MEGT’s bare-bones commercial is a world apart from the sassy ones shown repeatedly during the one-day cricket season last January by two distance education universities, UNE and USQ.
One commercial featured a trendy young professional in the city linking to her professor via Skype or similar, and the other commercial offered the frustrated young professional the option of distance education as a way to break out of the box he might have built around himself.
The contrast between the MEGT and the universities’ commercials suggests some differences between VET and higher education. For instance, recruitment campaigns for many VET programs such as traineeships and apprenticeships need to be pitched as much at employers as at potential apprentices, while the vast majority of university courses are pitched solely at the prospective individual student.
If the message of the university commercials is to be bold, enrol now and catapult forward your professional career, the message of the MEGT advertisement is far more practical, says CEO David Windridge. “We have one message: MEGT makes apprenticeships, traineeships and training happen.”
The simple metaphor of an MEGT blue van arriving in time to do all the training-related work underlines the point that MEGT makes things happen, no matter what services MEGT provides. Windridge says conveying this single message is vital to his business.
“Because MEGT delivers so many different services it’s hard to actually give a clear message that covers all of those in one hit. We’re a training organisation, a group training organisation and an Australian apprenticeship centre and we’ve got other ancillary services. It is difficult to get that across.”
MEGT is also deliberate in pitching to two different target markets. The television campaign is planned by a media buying organisation and the commercials scheduled and placed to ensure the MEGT message reaches two diverse target audiences at critical times of the day: employers on the one hand, and 17 to 25 year olds on the other.
However, Windridge is aware that 17-25 year olds consume media in totally different ways to employers. “That’s why TV is not the major platform we use for that market. For the younger group we also use social media such as Facebook. We have a very big online presence.”
“TV on its own is not a worthwhile strategy. So the campaign for young people was designed quite differently to the employer campaign. And local area marketing was incorporated into the mix for it to work.”
Another difference between sectors is timing. MEGT needs to get its message across to employers in October when employers are making decisions about apprentices and other staff for the following year; universities want to influence individual customers’ buying decisions in January.
Meanwhile the similarities between these sets of commercials are arguably more significant, including the common attempt to build market share through mass media marketing and the creation of a national brand not bound by the location of the provider’s headquarters, such in Armidale for UNE, Toowoomba for USQ or Ringwood in suburban Melbourne for MEGT.
Windridge says there are two reasons MEGT is running these television commercials, the second of which may surprise. “The first reason is to build our market share. The second is to build market size as we feel a responsibility to promote apprenticeships, traineeships and vocational education in general: the health of this sector affects our livelihoods.”

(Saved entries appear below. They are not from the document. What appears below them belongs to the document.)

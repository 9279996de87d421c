// What a step of a tested world promises, and three of its four ways: of an instruction on the state alone, of a quiet one, and of any other
// that is no drawing. Each is judged if it can be refused, then its record is kept, then it acts.
#![tactic(auto)]

ghost use Rattle.std.specs.Prelude.{◌≡◌};
ghost use Rattle.rules.specs.World.{world};
ghost use Rattle.rules.specs.Rows.{bytes_of};
ghost use Rattle.parts.specs.Whole.{whole};
ghost use Rattle.rules.specs.Instruction.{decode};
ghost use Rattle.decode.specs.declared.Way.TheVariants as way;
ghost use Rattle.decode.specs.Ways.{way_of};
ghost use Rattle.ways.specs.Steps.{Reached, Steps};

use parts::Core;
use rules::{Action, Machine, Op, Refusal, Trail};

// The number of lit spots that a step darkened, and how many bytes its record keeps.
#[derive(Clone, Copy)]
pub struct Counts {
    pub dark: usize,
    pub copied: usize,
}

// What an accepted step hands back beside what is lent: the core, the history's numbers, and what is counted of it.
#[derive(Clone, Copy)]
pub struct Stepped {
    pub core: Core,
    pub trail: Trail,
    pub counts: Counts,
}

// An instruction that acts on the state alone is never refused, and its record keeps no old bytes. Which one the two bytes are is found after
// the record: so only they are held over it, and what is found leads straight to what it does.
pub fn plain_step(
    hi: u8,
    lo: u8,
    c: Core,
    v: &mut [u8; 16],
    stack: &[u16; Machine::STACK],
    trail: Trail,
    memory: &[u8; Machine::MEMORY],
    rows: &[u64; Machine::ROWS],
    history: &mut [u8],
    keys: u16,
    random: u8,
) -> Result<Stepped, Refusal>
    requires { (way_of (decode c.edition hi lo) ≡ way.Plain) × Reached (decode c.edition hi lo)
        (world (whole c v.old stack.now) trail memory.now (bytes_of rows.now) history.old) }
    ensures { Steps keys random
        (world (whole c v.old stack.now) trail memory.now (bytes_of rows.now)
        history.old) result v.new stack.now memory.now (bytes_of rows.now) history.new }
{
    let places = fitting::places(history);
    keeping::keep_state(history, trail.next, c, v, stack, Action::Step(keys, random));
    let simple = decode::simple_of(hi, lo);
    let core = registers::idle(instructions::simple(simple, c, v, keys, random));
    Ok(Stepped {
        core,
        trail: trail::grown(trail, places),
        counts: Counts { dark: 0, copied: 0 },
    })
}

// A quiet instruction is judged, and its record keeps no old bytes either. It is found anew after the record, for the same reason.
pub fn quiet_step(
    hi: u8,
    lo: u8,
    c: Core,
    v: &mut [u8; 16],
    stack: &mut [u16; Machine::STACK],
    trail: Trail,
    memory: &[u8; Machine::MEMORY],
    rows: &[u64; Machine::ROWS],
    history: &mut [u8],
    keys: u16,
    random: u8,
) -> Result<Stepped, Refusal>
    requires { (way_of (decode c.edition hi lo) ≡ way.Quiet) × Reached (decode c.edition hi lo)
        (world (whole c v.old stack.old) trail memory.now (bytes_of rows.now) history.old) }
    ensures { Steps keys random
        (world (whole c v.old stack.old) trail memory.now (bytes_of rows.now)
        history.old) result v.new stack.new memory.now (bytes_of rows.now) history.new }
{
    let op = decode::quiet_of(hi, lo);
    verdict::judged_quiet(op, c)?;
    let places = fitting::places(history);
    keeping::keep_state(history, trail.next, c, v, stack, Action::Step(keys, random));
    let op = decode::quiet_of(hi, lo);
    let core = act::act_quiet(op, c, v, stack, memory, keys);
    Ok(Stepped {
        core,
        trail: trail::grown(trail, places),
        counts: Counts { dark: 0, copied: 0 },
    })
}

// Any other instruction that is no drawing is judged, its record is kept with the bytes that are about to change, and it acts.
pub fn other_step(
    op: Op,
    c: Core,
    v: &[u8; 16],
    stack: &[u16; Machine::STACK],
    trail: Trail,
    memory: &mut [u8; Machine::MEMORY],
    rows: &mut [u64; Machine::ROWS],
    history: &mut [u8],
    keys: u16,
    random: u8,
) -> Result<Stepped, Refusal>
    requires { (way_of op ≡ way.Other) × Reached op (world (whole c v.now stack.now) trail memory.old (bytes_of rows.old) history.old) }
    ensures { Steps keys random
        (world (whole c v.now stack.now) trail memory.old (bytes_of rows.old)
        history.old) result v.now stack.now memory.new (bytes_of rows.new) history.new }
{
    let dark = verdict::cleared(op, rows);
    verdict::judged(op, c, dark)?;
    let places = fitting::places(history);
    let change = transfers::change_of(op, c, v);
    keeping::keep(
        history,
        trail.next,
        c,
        v,
        stack,
        change,
        Action::Step(keys, random),
    );
    keeping::keep_old(history, trail.next, change, memory, rows);
    let core = act::act(op, c, v, memory, rows, dark);
    Ok(Stepped {
        core,
        trail: trail::grown(trail, places),
        counts: Counts {
            dark: 0,
            copied: fields::count_of(change) as usize,
        },
    })
}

When Windridge refers to livelihoods, for this not-for-profit organisation this means the livelihoods of its staff located a long way from Ringwood. “We’ve got 67 offices, 900 staff and we deliver services in every state in Australia, and we certainly see ourselves as a national provider.”
Besides looking after the welfare of his staff, Windridge is passionate about the need for VET providers to think about the national market, because industry is national in its outlook.
“A VET provider can still legitimately choose to be purely local and that’s still a valid proposition, but if you want to grow the business then you also have to have a national viewpoint as well.
“We look at VET as a national product and sometimes in the world of state regulations, or state interpretations of federal regulation, it is hard to actually justify that as a national product. But I think VET has to be national in its approach because industry is national. If VET is going to meet the needs of industry, and that’s what VET’s fundamentally about, then VET also has to take a national approach.”
Windridge believes that if a training provider is interested in taking a long-term view of the world “then they have to look at some type of advertising strategy over a period of time”. He appreciates that “it’s an expensive process” to advertise on television, but says it also provides “opportunities and it’s an important part of having a long-term view as to where your business is going to go”.
Employers like the message that MEGT will “get things to work nationally”, says Windridge. “National employers use MEGT to make things easier when navigating what is ostensibly a state-based education system delivering nationally recognised qualifications.” This is MEGT’s sub-text: MEGT works nationally despite any hurdles put in its way or in the way of employers.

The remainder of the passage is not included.